Abstract

Resilience has emerged as a key concept in ecology and conservation biology to understand and predict ecosystem responses to global change. In its broadest sense, resilience describes the ability of an ecosystem to resist, and recover from, a disturbance. However, the application of such a concept in different subdisciplines of ecology and in different study systems has resulted in a wide disparity of definitions and ways of quantifying resilience.
This Special Feature, which spans the Journal of Ecology, Journal of Animal Ecology and Functional Ecology, provides an overview of how ecologists define, quantify, compare and predict resilience across different study systems.

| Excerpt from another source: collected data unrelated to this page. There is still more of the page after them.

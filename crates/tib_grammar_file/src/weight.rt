// Weights, and the costs that they stand for.
ghost use Rattle.std.specs.Prelude.{◌≡◌, ◌≤◌, ◌<◌, ◌+◌, ℕ, length, Some, None, min, ◌==◌, ◌*◌, ◌-◌, true};
ghost use Rattle.std.specs.List.{list_all};
ghost use Rattle.std.specs.Option.{option_map};
ghost use Rattle.tib_grammar_file.specs.Weight.{is_digit as spec_is_digit, is_zero_digit, whole, cost_of, too_large};

use tib_cost::{Boolean, Cost, MOST, Scale, Semiring};
use tib_lex::FaultKind;

// The least number that is no weight.
const TOO_LARGE: u64 = MOST + 1;

/// The cost of a rule without a weight, which is the same in each semiring.
pub(crate) fn one() -> Cost
    ensures { result ≡ 0 }
{
    <Boolean as Semiring>::one()
}

fn is_digit(byte: u8) -> bool
    ensures { result ≡ spec_is_digit byte }
{
    byte > 47 && byte < 58
}

fn are_zeros(bytes: &[u8]) -> bool
    ensures { result ≡ list_all is_zero_digit bytes.now }
{
    bytes.iter().all(|byte| *byte == b'0')
}

// One more digit, or the least number that is too large.
fn next_value(value: u64, byte: u8) -> u64
    requires digit { spec_is_digit byte ≡ true }
    requires small { value ≤ too_large }
    ensures { result ≡ min (10 * value + (byte - 48)) too_large }
{
    let next = 10 * value + (byte - 48) as u64;
    if next < TOO_LARGE { next } else { TOO_LARGE }
}

// The value of a whole number, or the least number that is too large.
fn read_whole(text: &[u8]) -> Option<u64>
    ensures { result ≡ option_map (λ n. min n too_large) (whole text.now) }
{
    if text.is_empty() || !is_digit(text[0]) {
        return None;
    }
    let mut value = 0;
    let mut at = 0;
    while at < text.len() && is_digit(text[at]) {
        value = next_value(value, text[at]);
        at += 1;
    }
    if at == text.len() {
        return Some(value);
    }
    if text[at] == b'.' && are_zeros(&text[at + 1..]) {
        return Some(value);
    }
    None
}

/// The cost of a weight.
pub(crate) fn read_weight(scale: Scale, text: &[u8]) -> Result<Cost, FaultKind>
    ensures { result ≡ cost_of scale (Some text.now) }
{
    if !scale.is_weighted() {
        return Ok(one());
    }
    match read_whole(text) {
        None => Err(FaultKind::NotWhole),
        Some(n) => match Cost::new(n) {
            Some(weight) => Ok(scale.cost(weight)),
            None => Err(FaultKind::WeightTooLarge),
        },
    }
}
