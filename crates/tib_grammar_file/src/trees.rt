// Prints trees, however their labels and leaves are written.
ghost use Rattle.std.specs.Prelude.{◌≡◌, ◌≤◌, ◌<◌, ◌+◌, ◌++◌, ℕ, List, length, drop, IfOk, All};
ghost use Rattle.tib_tree.specs.Trees.{Trees, preorder, count as count_of};
ghost use Rattle.tib_grammar.specs.Items.{pair_of, pairs_of};
ghost use Rattle.tib_grammar.specs.Sides.{Symbol};
ghost use Rattle.tib_io.specs.Wrote.{Wrote};
ghost use Rattle.tib_grammar_file.specs.TreeText.{IsWithin, IsSideWithin, space, opening, symbol_text, trees_text, side_text};

use crate::pieces::{put_closing, put_opening, put_space};
use tib_grammar::{Item, Names, Side};
use tib_io::{Failed, Sink};
use tib_tree::Labels;

/// How a format writes the labels and the leaves of a side.
pub trait Notation {
    /// What a leaf carries.
    type Leaf;

    // The text of a label, over the names of states and the label's own text.
    ghost label_text: { List (List ℕ) → List ℕ → List ℕ };

    // The text of a leaf, over the names of states and the texts of labels.
    ghost leaf_text: { List (List ℕ) → List (List ℕ) → Self.Leaf → List ℕ };

    // The texts that a leaf needs are there.
    ghost fits: { List (List ℕ) → List (List ℕ) → Self.Leaf → Type 0 };

    /// Appends a label of this text. If the sink fails, a front of what is written for it was
    /// appended.
    fn put_label<W: Sink>(out: &mut W, names: &Names, text: &[u8]) -> Result<(), Failed>
        ensures { Wrote (W.seen out.old) (W.seen out.new) (label_text names.now text.now) result };

    /// Appends a leaf. If the sink fails, a front of its text was appended.
    fn put_leaf<W: Sink>(
        out: &mut W,
        leaf: &Self::Leaf,
        names: &Names,
        labels: &Labels,
    ) -> Result<(), Failed>
        requires { fits names.now labels.now leaf.now }
        ensures { Wrote (W.seen out.old) (W.seen out.new)
            (leaf_text names.now labels.now leaf.now) result };
}

fn put_symbol<N: Notation, W: Sink>(
    out: &mut W,
    item: &Item<N::Leaf>,
    names: &Names,
    labels: &Labels,
) -> Result<(), Failed>
    requires { IsWithin (N.fits names.now labels.now) (length labels.now) item.now }
    ensures { Wrote (W.seen out.old) (W.seen out.new)
        (symbol_text (N.label_text names.now) (N.leaf_text names.now labels.now) labels.now
        (pair_of item.now).0) result }
{
    match item {
        Item::Label { label, .. } => N::put_label(out, names, labels.text(*label)),
        Item::Hole(leaf) => N::put_leaf(out, leaf, names, labels),
    }
}

fn rank_of<P>(item: &Item<P>) -> u32
    ensures { result ≡ (pair_of item.now).1 }
{
    match item {
        Item::Label { rank, .. } => *rank,
        Item::Hole(_) => 0,
    }
}

fn put_spaced<N: Notation, W: Sink>(
    out: &mut W,
    k: u32,
    item: &Item<N::Leaf>,
    names: &Names,
    labels: &Labels,
) -> Result<(), Failed>
    requires { IsWithin (N.fits names.now labels.now) (length labels.now) item.now }
    ensures { Wrote (W.seen out.old) (W.seen out.new)
        (space k ++ symbol_text (N.label_text names.now) (N.leaf_text names.now labels.now)
        labels.now (pair_of item.now).0) result }
{
    match put_space(out, k) {
        Ok(()) => put_symbol::<N, W>(out, item, names, labels),
        Err(Failed) => Err(Failed),
    }
}

// Appends what comes before a node's children.
fn put_head<N: Notation, W: Sink>(
    out: &mut W,
    k: u32,
    item: &Item<N::Leaf>,
    names: &Names,
    labels: &Labels,
) -> Result<(), Failed>
    requires { IsWithin (N.fits names.now labels.now) (length labels.now) item.now }
    ensures { Wrote (W.seen out.old) (W.seen out.new)
        ((space k ++ symbol_text (N.label_text names.now) (N.leaf_text names.now labels.now)
        labels.now (pair_of item.now).0) ++ opening (pair_of item.now).1) result }
{
    match put_spaced::<N, W>(out, k, item, names, labels) {
        Ok(()) => put_opening(out, rank_of(item)),
        Err(Failed) => Err(Failed),
    }
}

// Appends a number of trees from an index of a preorder on, with a space between them. It returns
// the index after them.
fn put_trees<N: Notation, W: Sink>(
    out: &mut W,
    items: &[Item<N::Leaf>],
    at: usize,
    count: u32,
    names: &Names,
    labels: &Labels,
) -> Result<usize, Failed>
    requires place { at ≤ length items.now }
    requires within { All (IsWithin (N.fits names.now labels.now) (length labels.now)) items.now }
    requires trees { (ts : Trees (Symbol ℕ N.Leaf)) × (ys : List (Symbol ℕ N.Leaf × ℕ))
        × (pairs_of (drop at items.now) ≡ preorder ts ++ ys) × (count_of ts ≡ count) }
    ensures next { IfOk result (λ n.
        (ts : Trees (Symbol ℕ N.Leaf)) (ys : List (Symbol ℕ N.Leaf × ℕ)) →
        pairs_of (drop at items.now) ≡ preorder ts ++ ys → count_of ts ≡ count →
        n ≡ at + length (preorder ts)) }
    ensures prints { (ts : Trees (Symbol ℕ N.Leaf)) (ys : List (Symbol ℕ N.Leaf × ℕ)) → pairs_of
        (drop at items.now) ≡ preorder ts ++ ys → count_of ts ≡ count → Wrote (W.seen out.old)
        (W.seen out.new) (trees_text (symbol_text (N.label_text names.now) (N.leaf_text names.now
        labels.now) labels.now) ts 0) result }
{
    let mut next = at;
    for k in 0..count {
        let item = &items[next];
        let rank = rank_of(item);
        match put_head::<N, W>(out, k, item, names, labels) {
            Ok(()) => {}
            Err(Failed) => return Err(Failed),
        }
        match put_trees::<N, W>(out, items, next + 1, rank, names, labels) {
            Ok(behind) => next = behind,
            Err(Failed) => return Err(Failed),
        }
        match put_closing(out, rank) {
            Ok(()) => {}
            Err(Failed) => return Err(Failed),
        }
    }
    Ok(next)
}

/// Appends a side, which is one tree: each label or leaf as `N` writes it, then its children in
/// parentheses, if it has some, with a space between them. If the sink fails, a front of this was
/// appended. It takes no memory; its calls nest as deep as the side. Worst case: O(n) steps for n
/// nodes, and what `N` takes to write each of them.
pub fn put_side<N: Notation, W: Sink>(
    out: &mut W,
    side: &Side<N::Leaf>,
    names: &Names,
    labels: &Labels,
) -> Result<(), Failed>
    requires { IsSideWithin (N.fits names.now labels.now) (length labels.now) side.now }
    ensures { Wrote (W.seen out.old) (W.seen out.new)
        (side_text (symbol_text (N.label_text names.now) (N.leaf_text names.now labels.now)
        labels.now) side.now) result }
{
    match put_trees::<N, W>(out, side.items(), 0, 1, names, labels) {
        Ok(_) => Ok(()),
        Err(Failed) => Err(Failed),
    }
}
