// Writes labels and states as they are in grammars.
ghost use Rattle.std.specs.Prelude.{◌≡◌};
ghost use Rattle.tib_grammar_file.specs.Printed.{is_held as spec_is_held};

use crate::pieces::{put, put_quoted};
use crate::trees::Notation;
use tib_grammar::Names;
use tib_io::{Failed, Sink};
use tib_lex::is_name;
use tib_tree::Labels;

// Whether a text is the name of a state.
fn is_held(names: &Names, text: &[u8]) -> bool
    ensures { result ≡ spec_is_held names.now text.now }
{
    match names.find(text) {
        Some(_) => true,
        None => false,
    }
}

/// How sides of grammars are written: their leaves are states.
pub(crate) struct GrammarSides;

impl Notation for GrammarSides {
    ghost use Rattle.tib_grammar_file.specs.Printed.{label_text, state_text, IsStateWithin};

    type Leaf = u32;

    ghost label_text = { label_text };

    ghost leaf_text = { state_text };

    ghost fits = { IsStateWithin };

    fn put_label<W: Sink>(out: &mut W, names: &Names, text: &[u8]) -> Result<(), Failed> {
        if is_name(text) && !is_held(names, text) {
            put(out, text)
        } else {
            put_quoted(out, text)
        }
    }

    fn put_leaf<W: Sink>(
        out: &mut W,
        state: &u32,
        names: &Names,
        _labels: &Labels,
    ) -> Result<(), Failed> {
        put(out, names.text(*state))
    }
}
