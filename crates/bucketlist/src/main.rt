// Reads a script from standard input and writes its listing. A read or a write that fails is said on
// standard error, and is not taken for a script or a listing.
#![tactic(auto)]

use limits::{LISTING_BYTES, SCRIPT_BYTES};
use listing::entry::listing;
use programs::{fail, read_full};
use std::io;

// One byte more than the longest script: a longer input is not of the form, and is not cut.
const INPUT_BYTES: usize = SCRIPT_BYTES + 1;

fn main(rt: HostRuntime) -> io::Result<()> {
    // Kept: two buffers of a fixed size, as scripts and listings have a longest length: each `Vec` would add
    // an allocation that can fail.
    let mut script = [0u8; INPUT_BYTES];
    let bytes = match read_full(&mut rt.stdin(), &mut script) {
        Ok(bytes) => bytes,
        Err(error) => return fail(&rt, "standard input", error),
    };
    let mut out = [0u8; LISTING_BYTES];
    let Ok(length) = listing(&script[..bytes], &mut out) else {
        return Ok(());
    };
    write_listing(&rt, &out, length)
}

// Kept: the length beside the buffer: `get` tests it here, once; cut by the caller, the same test stands in `main`.
fn write_listing(
    rt: &(impl Print + Eprint + AllocGlobal),
    out: &[u8],
    length: usize,
) -> io::Result<()> {
    let Some(text) = out.get(..length) else {
        return Ok(());
    };
    rt.write_all(text)
        .or_else(|error| fail(rt, "standard output", error))
}
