ghost use Rattle.std.specs.Prelude.{◌≡◌, ℕ, ◌<◌, ◌==◌, ◌++◌, List, length, position, IfOk, IfErr};
ghost use Rattle.proof_file.specs.Heads.{IsFirstOther, IsLine};

/// What a file has after its head; or the number of the head's first line, counted from 1, that the file has otherwise,
/// has not, or has without its line feed. It takes no memory.
pub fn rest_after<'a>(file: &'a [u8], head: &[u8]) -> Result<&'a [u8], u32>
    requires { length file.now < 4294967295 }
    ensures rest { IfOk result (λ rest. file.now ≡ head.now ++ rest.now) }
    ensures other { IfErr result (IsFirstOther head.now file.now) }
    ensures exact { IfErr result (λ _. (rest : List ℕ) → file.now ≡ head.now ++ rest → ⊥) }
{
    let mut left = head;
    let mut rest = file;
    let mut number = 1;
    'comparing: while !left.is_empty() {
        let (line, later) = first_line(left);
        match rest.strip_prefix(line) {
            Some(more) => rest = more,
            None => return Err(number),
        }
        left = later;
        number += 1;
    }
    Ok(rest)
}

// the first line of a text, with its line feed, and what follows it
fn first_line(text: &[u8]) -> (&[u8], &[u8])
    requires { 0 < length text.now }
    ensures line { IsLine result.0.now result.1.now }
    ensures split { text.now ≡ result.0.now ++ result.1.now }
    ensures some { 0 < length result.0.now }
{
    match line_feed(text) {
        Some(end) => (&text[..end + 1], &text[end + 1..]),
        None => (text, &[]),
    }
}

fn line_feed(text: &[u8]) -> Option<usize>
    ensures { result ≡ position (λ b. b == 10) text.now }
{
    text.iter().position(|b| *b == b'\n')
}
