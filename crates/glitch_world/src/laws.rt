//! The law of the one schedule that settles a cycle; it is the contract of a function that does nothing.
ghost use Rattle.glitch_world.specs.Laws.{ScheduleLaw};

/// The events of all leaves and then of all cells by rank end in the settled valuation of the new leaves, which
/// `Graph::settle` writes.
pub fn schedule_law()
    ensures { ScheduleLaw }
{}
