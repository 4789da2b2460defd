ghost use Rattle.std.specs.Prelude.{◌<◌};

use crate::{Event, World};
use coco_base::{Flat, FlatCell, FlatPort, Kind, List, NoMemory, Text, Wire};
use gate_graph::{build, can_build};
use std::alloc::Global;
use std::test::Fail;

const ZERO: Wire = Wire::Const(false);

fn gate(alloc: Global, kind: Kind, inputs: [Wire; 4], output: u32) -> Result<FlatCell, NoMemory> {
    Ok(FlatCell {
        name: Text::of(alloc, "c")?,
        kind,
        inputs,
        output,
    })
}

/// Input bits 0 and 1, their exclusive or at bit 2, and what the multiplexer with select 1 makes of it at bit 3.
fn pulsing(alloc: Global) -> Result<Flat, NoMemory> {
    let inputs = [Wire::Bit(0), Wire::Bit(1)];
    let mut flat = Flat {
        bits: 4,
        ports: List::new(alloc),
        cells: List::new(alloc),
        flops: List::new(alloc),
        nets: List::new(alloc),
    };
    flat.ports.push(FlatPort {
        name: Text::of(alloc, "p")?,
        input: true,
        wires: List::from_vec(Vec::from_slice(alloc, &inputs)?),
    })?;
    let selected = [ZERO, Wire::Bit(2), Wire::Bit(1), ZERO];
    let both = [Wire::Bit(0), Wire::Bit(1), ZERO, ZERO];
    flat.cells.push(gate(alloc, Kind::Mux, selected, 3)?)?;
    flat.cells.push(gate(alloc, Kind::Xor, both, 2)?)?;
    Ok(flat)
}

/// The values of a bit before the first event and after each.
fn waveform(
    alloc: Global,
    world: &mut World,
    events: &[Event],
    bit: u32,
) -> Result<Vec<bool>, NoMemory>
    requires { bit < world.old.gates.flat.bits }
{
    let mut values = Vec::new(alloc);
    values.push(world.value(bit))?;
    'events: for event in events {
        if world.has_event(*event) {
            world.event(*event);
        }
        values.push(world.value(bit))?;
    }
    Ok(values)
}

#[test]
fn a_gate_pulses_where_its_inputs_change_one_after_the_other(rt: HostRuntime) -> Result<(), Fail> {
    let alloc = rt.alloc();
    let flat = pulsing(alloc)?;
    assert!(rt; can_build(&flat));
    let graph = build(alloc, &flat)?;
    assert_eq!(rt; graph.bits(), 4);
    let mut world = World::start(alloc, &graph, &[false; 4], &[true; 4])?;
    let events = [
        Event::Leaf(0),
        Event::Cell(1),
        Event::Leaf(1),
        Event::Cell(1),
    ];
    let values = waveform(alloc, &mut world, &events, 2)?;
    assert_eq!(rt;
        values.as_slice(),
        [false, false, true, true, false].as_slice()
    );
    Ok(())
}

#[test]
fn a_cell_goes_by_the_present_values_alone(rt: HostRuntime) -> Result<(), Fail> {
    let alloc = rt.alloc();
    let flat = pulsing(alloc)?;
    assert!(rt; can_build(&flat));
    let graph = build(alloc, &flat)?;
    assert_eq!(rt; graph.bits(), 4);
    let mut world = World::start(alloc, &graph, &[true, false, false, false], &[true; 4])?;
    let events = [
        Event::Cell(0),
        Event::Leaf(1),
        Event::Cell(0),
        Event::Cell(1),
        Event::Cell(0),
    ];
    let values = waveform(alloc, &mut world, &events, 3)?;
    assert_eq!(rt;
        values.as_slice(),
        [false, false, false, true, true, false].as_slice()
    );
    Ok(())
}
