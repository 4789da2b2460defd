//! Compares the head of a proof file, line by line, with what it has to be.
#![tactic(auto)]

mod head;

pub use head::rest_after;

#[cfg(test)]
mod tests;
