ghost use Rattle.std.specs.Prelude.{◌<◌, length};

use crate::head::rest_after;
use std::test::Fail;

// a head, a file, and the first line that the file has otherwise; where that is 0, the file has the head
const CASES: &[(&str, &str, u32)] = &[
    ("", "", 0),
    ("", "rest\n", 0),
    ("a\nbc\nd\n", "a\nbc\nd\n", 0),
    ("a\nbc\nd\n", "a\nbc\nd\nrest", 0),
    // nothing is there
    ("a\nbc\nd\n", "", 1),
    // a line is another
    ("a\nbc\nd\n", "x\nbc\nd\n", 1),
    ("a\nbc\nd\n", "a\nbx\nd\n", 2),
    ("a\nbc\nd\n", "a\nxc\nd\n", 2),
    ("a\nbc\nd\n", "a\nbc\nx\n", 3),
    ("a\nbc\nd\n", "x\nx\nx\n", 1),
    // a line is missing
    ("a\nbc\nd\n", "bc\nd\n", 1),
    ("a\nbc\nd\n", "a\nd\n", 2),
    ("a\nbc\nd\n", "a\nbc\n", 3),
    // a line has no line feed
    ("a\nbc\nd\n", "a", 1),
    ("a\nbc\nd\n", "abc\nd\n", 1),
    ("a\nbc\nd\n", "a\nbcd\n", 2),
    ("a\nbc\nd\n", "a\nbc", 2),
    ("a\nbc\nd\n", "a\nbc\nd", 3),
    // a line is longer, shorter, or too many
    ("a\nbc\nd\n", "a\nbcx\nd\n", 2),
    ("a\nbc\nd\n", "a\nb\nd\n", 2),
    ("a\nbc\nd\n", "a\n\nbc\nd\n", 2),
    ("a\nbc\nd\n", "a\r\nbc\nd\n", 1),
    // an empty line
    ("\n\n", "\n", 2),
    ("\n\n", "\n\n\n", 0),
    // a head without its last line feed
    ("a\nbc", "a\nb", 2),
    ("a\nbc", "a\nbc\n", 0),
];

fn first_other(file: &[u8], head: &[u8]) -> u32
    requires { length file.now < 4294967295 }
{
    match rest_after(file, head) {
        Ok(_) => 0,
        Err(number) => number,
    }
}

#[test]
fn the_first_line_that_is_otherwise_is_named(rt: HostRuntime) -> Result<(), Fail> {
    for (head, file, number) in CASES {
        assert!(rt; file.len() < 100);
        assert_eq!(rt; first_other(file.as_bytes(), head.as_bytes()), *number);
    }
    Ok(())
}

#[test]
fn what_follows_the_head_is_the_rest(rt: HostRuntime) -> Result<(), Fail> {
    let rest = rest_after(b"a\nbc\nproof 0\n", b"a\nbc\n").ok();
    assert_eq!(rt; rest, Some(b"proof 0\n".as_slice()));
    Ok(())
}
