//! A cycle as its gate events: one at a time, in any order, with repeats and omissions.
#![tactic(auto)]

pub mod laws;
#[cfg(test)]
mod tests;
mod world;

pub use world::{Event, World};
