ghost use Rattle.std.specs.Prelude.{◌≡◌, ◌↔◌, ◌<◌, length, IfOk, IsTrue};
ghost use Rattle.glitch_world.specs.Leaves.{IsLeafBit};

use coco_base::NoMemory;
use gate_graph::{Driver, Graph, cell_value};
use std::alloc::Global;
use std::marker::Model;

/// One event within a cycle: a leaf, by its bit, takes its new value, or a cell, by its number, computes its output
/// from the present values of its inputs.
#[derive(Clone, Copy, Debug, PartialEq, Eq)]
pub enum Event {
    Leaf(u32),
    Cell(u32),
}

/// A cycle between two settled valuations. It begins settled under the old leaves; contracts see it as its netlist's
/// graph, the new values of the leaves, and the present valuation.
#[derive(Debug, Drop)]
pub struct World<'a> {
    graph: &'a Graph,
    leaves: Vec<bool>,
    values: Vec<bool>,
}

impl<'a> Model for World<'a> {
    ghost use Rattle.glitch_world.specs.States.{WorldState, IsWorldState, state_of};

    ghost Value = { WorldState };

    ghost view = { λ w. state_of w.graph.now w.leaves.items w.values.items };

    ghost invariant = { λ w. IsWorldState (state_of w.graph.now w.leaves.items w.values.items) };
}

impl<'a> World<'a> {
    ghost use Rattle.gate_graph.specs.Settled.{valuation_of};
    ghost use Rattle.glitch_world.specs.States.{IsStart, IsEventIn, IsChange, IsAfter};

    /// The world at the beginning of a cycle: all cells are settled under the old values of the leaves. What stands in
    /// the lists at other bits than those of flops and input ports does not count.
    pub fn start(
        alloc: Global,
        graph: &'a Graph,
        old: &[bool],
        new: &[bool],
    ) -> Result<Self, NoMemory>
        requires old { length old.now ≡ graph.now.flat.bits }
        requires new { length new.now ≡ graph.now.flat.bits }
        ensures { IfOk result (IsStart graph.now old.now new.now) }
    {
        let mut values = Vec::from_slice(alloc, old)?;
        graph.settle(old, values.as_mut_slice());
        let leaves = Vec::from_slice(alloc, new)?;
        Ok(World {
            graph,
            leaves,
            values,
        })
    }

    /// Makes one event: of a bit that a flop or an input port drives, or of a cell. It takes no memory.
    pub fn event(&mut self, event: Event)
        requires { IsEventIn self.old.gates event }
        ensures { IsAfter self.old event self.new }
    {
        let (bit, value) = self.change(event);
        let place = bit as usize;
        self.values[place] = value;
    }

    /// Whether an event is one of this world: of a bit that a flop or an input port drives, or of a cell. It takes no
    /// memory.
    pub fn has_event(&self, event: Event) -> bool
        ensures { IsTrue result ↔ IsEventIn self.now.gates event }
    {
        match event {
            Event::Leaf(bit) => bit < self.graph.bits() && is_leaf(self.graph, bit),
            Event::Cell(number) => number < self.graph.cells(),
        }
    }

    /// The bit that an event sets, and the value that it gets.
    fn change(&self, event: Event) -> (u32, bool)
        requires { IsEventIn self.now.gates event }
        ensures change { IsChange self.now event result.0 result.1 }
        ensures inside { result.0 < length self.now.values }
    {
        match event {
            Event::Leaf(bit) => (bit, self.leaves[bit as usize]),
            Event::Cell(number) => {
                let cell = self.graph.cell(number);
                (cell.output, cell_value(self.values.as_slice(), cell))
            }
        }
    }

    /// The present value of a bit. It takes no memory.
    pub fn value(&self, bit: u32) -> bool
        requires { bit < self.now.gates.flat.bits }
        ensures { result ≡ valuation_of self.now.values bit }
    {
        self.values[bit as usize]
    }
}

fn is_leaf(graph: &Graph, bit: u32) -> bool
    requires { bit < graph.now.flat.bits }
    ensures { IsTrue result ↔ IsLeafBit graph.now bit }
{
    match graph.driver(bit) {
        Driver::Port(_) | Driver::Flop(_) => true,
        Driver::Cell(_) | Driver::Nothing => false,
    }
}
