//! What a tree is to be made of.
ghost use Rattle.std.specs.Prelude.{◌≡◌, ◌<◌, ◌≤◌, ◌^◌, [], ◌∷◌, ◌++◌, IfOk};
ghost use Rattle.std.specs.List.{All};
ghost use Rattle.std.specs.Arc.{arc_value};
ghost use Rattle.seg_tree.specs.Built.{IsBuilt};
ghost use Rattle.seg_merge.specs.Plans.{Planned};

use fb_memory::Memory;
use fb_values::Datom;
use seg_tree::{Builder, Leaf, Tree};
use std::alloc::Global;
use std::marker::Model;
use std::sync::Arc;

/// Leaves that stay, and datoms for new leaves, from left to right. The nodes of the tree have no ids yet.
#[derive(Drop)]
pub struct Plan {
    pieces: Vec<Piece>,
}

#[derive(Drop)]
pub enum Piece {
    Kept(Arc<Leaf>),
    New(Vec<Datom>),
}

impl Model for Plan {
    ghost use Rattle.seg_merge.specs.Plans.{Planned};

    ghost Value = { Planned };

    ghost use Rattle.seg_merge.specs.Pieces.{planned};

    ghost view = { λ p. planned p.pieces.items };
}

impl Plan {
    pub fn new(alloc: Global) -> Plan
        ensures { result ≡ record { datoms = []; kept = [] } }
    {
        Plan {
            pieces: Vec::new(alloc),
        }
    }

    /// The plan with a leaf that stays.
    pub fn keep(self, leaf: &Arc<Leaf>) -> Result<Plan, Memory>
        ensures { IfOk result (λ plan. plan
            ≡ record {
              datoms = self.datoms ++ (arc_value leaf.now).datoms;
              kept = self.kept ++ arc_value leaf.now ∷ [];
            }) }
    {
        let mut pieces = self.pieces;
        pieces.push(Piece::Kept(leaf.clone()?))?;
        Ok(Plan { pieces })
    }

    /// The plan with datoms for new leaves.
    pub fn add(self, datoms: Vec<Datom>) -> Result<Plan, Memory>
        ensures { IfOk result
            (λ plan. plan ≡ record self { datoms = self.datoms ++ datoms.items }) }
    {
        let mut pieces = self.pieces;
        pieces.push(Piece::New(datoms))?;
        Ok(Plan { pieces })
    }

    /// The tree, whose new nodes are numbered from `first` on, and the number that follows.
    pub fn build(self, alloc: Global, first: u64) -> Result<(Tree, u64), Memory>
        requires small { first ≤ 2 ^ 62 }
        requires older { All (λ leaf. leaf.id < first) self.kept }
        ensures { IfOk result (λ built. IsBuilt
            (record { first = first; datoms = self.datoms; kept = self.kept }) built.0 built.1) }
    {
        let mut builder = Builder::new(alloc, first);
        for piece in self.pieces {
            builder = match piece {
                Piece::Kept(leaf) => builder.keep(leaf)?,
                Piece::New(datoms) => builder.add(datoms)?,
            };
        }
        builder.finish()
    }
}
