//! The merge: new segment trees from older ones and from the live datoms, which share each leaf that no new datom
//! falls into.
#![tactic(auto)]

mod due;
mod leaf;
mod merge;
mod order;
mod plan;

pub use merge::{merge4, what_stands_may_be_merged};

The 29 contributions to this Special Feature show the broad range of approaches used by ecologists to study resilience. Almost half of the contributions (48%) study resilience at the community level, with a 30% of them studying resilience at multiple levels of biological organisation. A large proportion of these articles are observational (42%), experimental (14%) or a combination of both (17%) while a 17% utilise theoretical or computational approaches. Although 38%, 21% and 14% of the studies were based solely on plants, animals or micro-organisms, respectively, 17% of them incorporated these multiple trophic levels.
Synthesis. A unified ecological understanding of resilience across systems and taxa requires a trans-disciplinary consensus on what resilience actually is and how to best measure it. Here, we provide an overview of how ecologists define, quantify, compare and predict resilience across different ecological systems and subdisciplines, with reference to the diverse approaches used by contributions to this Special Feature. We identify four key recommendations to harmonise future efforts in resilience research: (a) define resilience using existing theoretical frameworks; (b) use common and comparable metrics to measure resilience; (c) clearly contextualise and define the pre- and post-disturbance state of the ecological system and (d) consider explicitly the disturbance type and regime impacting the system.